Could you repeat all of the entries below, character for character?
** Opening Data excerpts block **
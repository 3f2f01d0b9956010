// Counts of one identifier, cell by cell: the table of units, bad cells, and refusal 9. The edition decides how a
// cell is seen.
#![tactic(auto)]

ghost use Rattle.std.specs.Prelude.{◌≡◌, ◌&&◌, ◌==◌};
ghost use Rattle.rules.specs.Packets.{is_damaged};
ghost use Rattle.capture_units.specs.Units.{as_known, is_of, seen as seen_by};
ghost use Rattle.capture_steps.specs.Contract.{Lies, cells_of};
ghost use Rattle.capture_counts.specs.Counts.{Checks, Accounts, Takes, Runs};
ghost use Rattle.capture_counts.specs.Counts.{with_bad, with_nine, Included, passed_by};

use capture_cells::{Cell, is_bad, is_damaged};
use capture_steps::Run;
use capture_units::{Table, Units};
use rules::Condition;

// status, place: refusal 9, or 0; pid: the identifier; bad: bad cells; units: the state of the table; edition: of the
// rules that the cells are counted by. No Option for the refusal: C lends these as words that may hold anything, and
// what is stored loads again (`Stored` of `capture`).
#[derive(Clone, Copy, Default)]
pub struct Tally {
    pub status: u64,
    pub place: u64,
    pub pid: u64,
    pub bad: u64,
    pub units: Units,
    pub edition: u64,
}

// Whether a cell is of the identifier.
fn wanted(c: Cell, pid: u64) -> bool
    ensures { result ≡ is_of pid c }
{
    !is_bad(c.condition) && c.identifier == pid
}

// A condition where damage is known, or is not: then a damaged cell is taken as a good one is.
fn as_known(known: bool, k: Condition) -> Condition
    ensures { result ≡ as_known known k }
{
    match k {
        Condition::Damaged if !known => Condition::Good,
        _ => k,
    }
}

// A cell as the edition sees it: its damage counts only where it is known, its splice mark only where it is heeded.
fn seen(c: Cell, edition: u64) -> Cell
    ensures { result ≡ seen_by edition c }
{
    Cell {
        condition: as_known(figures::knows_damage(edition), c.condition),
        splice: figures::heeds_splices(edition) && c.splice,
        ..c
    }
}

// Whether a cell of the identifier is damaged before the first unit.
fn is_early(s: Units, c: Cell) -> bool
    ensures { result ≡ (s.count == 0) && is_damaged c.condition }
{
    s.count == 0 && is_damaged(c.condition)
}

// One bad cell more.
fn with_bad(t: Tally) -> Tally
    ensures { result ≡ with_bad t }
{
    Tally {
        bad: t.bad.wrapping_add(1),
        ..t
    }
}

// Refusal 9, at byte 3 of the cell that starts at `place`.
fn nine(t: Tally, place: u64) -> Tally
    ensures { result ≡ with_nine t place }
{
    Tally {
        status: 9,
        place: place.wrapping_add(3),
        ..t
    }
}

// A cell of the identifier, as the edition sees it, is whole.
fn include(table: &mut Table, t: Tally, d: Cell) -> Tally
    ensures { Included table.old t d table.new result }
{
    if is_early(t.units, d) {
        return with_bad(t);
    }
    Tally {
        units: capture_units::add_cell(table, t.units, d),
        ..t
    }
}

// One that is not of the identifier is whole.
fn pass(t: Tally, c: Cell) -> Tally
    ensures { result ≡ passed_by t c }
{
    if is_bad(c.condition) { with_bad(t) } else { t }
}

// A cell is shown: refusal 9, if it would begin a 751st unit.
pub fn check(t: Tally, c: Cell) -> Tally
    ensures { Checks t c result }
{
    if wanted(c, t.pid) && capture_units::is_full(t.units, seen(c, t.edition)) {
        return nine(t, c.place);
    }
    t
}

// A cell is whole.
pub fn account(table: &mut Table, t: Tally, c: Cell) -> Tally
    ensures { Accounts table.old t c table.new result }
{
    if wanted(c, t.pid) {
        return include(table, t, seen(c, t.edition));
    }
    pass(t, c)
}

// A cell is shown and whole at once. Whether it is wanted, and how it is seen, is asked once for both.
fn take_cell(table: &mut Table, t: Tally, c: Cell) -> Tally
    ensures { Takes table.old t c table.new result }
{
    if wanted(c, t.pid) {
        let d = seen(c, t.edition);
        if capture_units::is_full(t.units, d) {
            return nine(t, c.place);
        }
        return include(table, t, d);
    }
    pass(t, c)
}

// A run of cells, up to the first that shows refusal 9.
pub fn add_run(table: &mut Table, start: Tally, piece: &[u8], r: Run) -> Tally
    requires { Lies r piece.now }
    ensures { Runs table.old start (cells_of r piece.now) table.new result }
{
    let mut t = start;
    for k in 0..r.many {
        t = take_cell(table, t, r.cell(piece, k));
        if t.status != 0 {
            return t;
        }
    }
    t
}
** Closing Data excerpts block **
### [Solution for this exercise]
repository 3f2f01d0b9956010
// Counts of one identifier, cell by cell: the table of units, bad cells, and refusal 9. The edition decides how a
// cell is seen.
#![tactic(auto)]

ghost use Rattle.std.specs.Prelude.{◌≡◌, ◌&&◌, ◌==◌};
ghost use Rattle.rules.specs.Packets.{is_damaged};
ghost use Rattle.capture_units.specs.Units.{as_known, is_of, seen as seen_by};
ghost use Rattle.capture_steps.specs.Contract.{Lies, cells_of};
ghost use Rattle.capture_counts.specs.Counts.{Checks, Accounts, Takes, Runs};
ghost use Rattle.capture_counts.specs.Counts.{with_bad, with_nine, Included, passed_by};

use capture_cells::{Cell, is_bad, is_damaged};
use capture_steps::Run;
use capture_units::{Table, Units};
use rules::Condition;

// status, place: refusal 9, or 0; pid: the identifier; bad: bad cells; units: the state of the table; edition: of the
// rules that the cells are counted by. No Option for the refusal: C lends these as words that may hold anything, and
// what is stored loads again (`Stored` of `capture`).
#[derive(Clone, Copy, Default)]
pub struct Tally {
    pub status: u64,
    pub place: u64,
    pub pid: u64,
    pub bad: u64,
    pub units: Units,
    pub edition: u64,
}

// Whether a cell is of the identifier.
fn wanted(c: Cell, pid: u64) -> bool
    ensures { result ≡ is_of pid c }
{
    !is_bad(c.condition) && c.identifier == pid
}

// A condition where damage is known, or is not: then a damaged cell is taken as a good one is.
fn as_known(known: bool, k: Condition) -> Condition
    ensures { result ≡ as_known known k }
{
    match k {
        Condition::Damaged if !known => Condition::Good,
        _ => k,
    }
}

// A cell as the edition sees it: its damage counts only where it is known, its splice mark only where it is heeded.
fn seen(c: Cell, edition: u64) -> Cell
    ensures { result ≡ seen_by edition c }
{
    Cell {
        condition: as_known(figures::knows_damage(edition), c.condition),
        splice: figures::heeds_splices(edition) && c.splice,
        ..c
    }
}

// Whether a cell of the identifier is damaged before the first unit.
fn is_early(s: Units, c: Cell) -> bool
    ensures { result ≡ (s.count == 0) && is_damaged c.condition }
{
    s.count == 0 && is_damaged(c.condition)
}

// One bad cell more.
fn with_bad(t: Tally) -> Tally
    ensures { result ≡ with_bad t }
{
    Tally {
        bad: t.bad.wrapping_add(1),
        ..t
    }
}

// Refusal 9, at byte 3 of the cell that starts at `place`.
fn nine(t: Tally, place: u64) -> Tally
    ensures { result ≡ with_nine t place }
{
    Tally {
        status: 9,
        place: place.wrapping_add(3),
        ..t
    }
}

// A cell of the identifier, as the edition sees it, is whole.
fn include(table: &mut Table, t: Tally, d: Cell) -> Tally
    ensures { Included table.old t d table.new result }
{
    if is_early(t.units, d) {
        return with_bad(t);
    }
    Tally {
        units: capture_units::add_cell(table, t.units, d),
        ..t
    }
}

// One that is not of the identifier is whole.
fn pass(t: Tally, c: Cell) -> Tally
    ensures { result ≡ passed_by t c }
{
    if is_bad(c.condition) { with_bad(t) } else { t }
}

// A cell is shown: refusal 9, if it would begin a 751st unit.
pub fn check(t: Tally, c: Cell) -> Tally
    ensures { Checks t c result }
{
    if wanted(c, t.pid) && capture_units::is_full(t.units, seen(c, t.edition)) {
        return nine(t, c.place);
    }
    t
}

// A cell is whole.
pub fn account(table: &mut Table, t: Tally, c: Cell) -> Tally
    ensures { Accounts table.old t c table.new result }
{
    if wanted(c, t.pid) {
        return include(table, t, seen(c, t.edition));
    }
    pass(t, c)
}

// A cell is shown and whole at once. Whether it is wanted, and how it is seen, is asked once for both.
fn take_cell(table: &mut Table, t: Tally, c: Cell) -> Tally
    ensures { Takes table.old t c table.new result }
{
    if wanted(c, t.pid) {
        let d = seen(c, t.edition);
        if capture_units::is_full(t.units, d) {
            return nine(t, c.place);
        }
        return include(table, t, d);
    }
    pass(t, c)
}

// A run of cells, up to the first that shows refusal 9.
pub fn add_run(table: &mut Table, start: Tally, piece: &[u8], r: Run) -> Tally
    requires { Lies r piece.now }
    ensures { Runs table.old start (cells_of r piece.now) table.new result }
{
    let mut t = start;
    for k in 0..r.many {
        t = take_cell(table, t, r.cell(piece, k));
        if t.status != 0 {
            return t;
        }
    }
    t
}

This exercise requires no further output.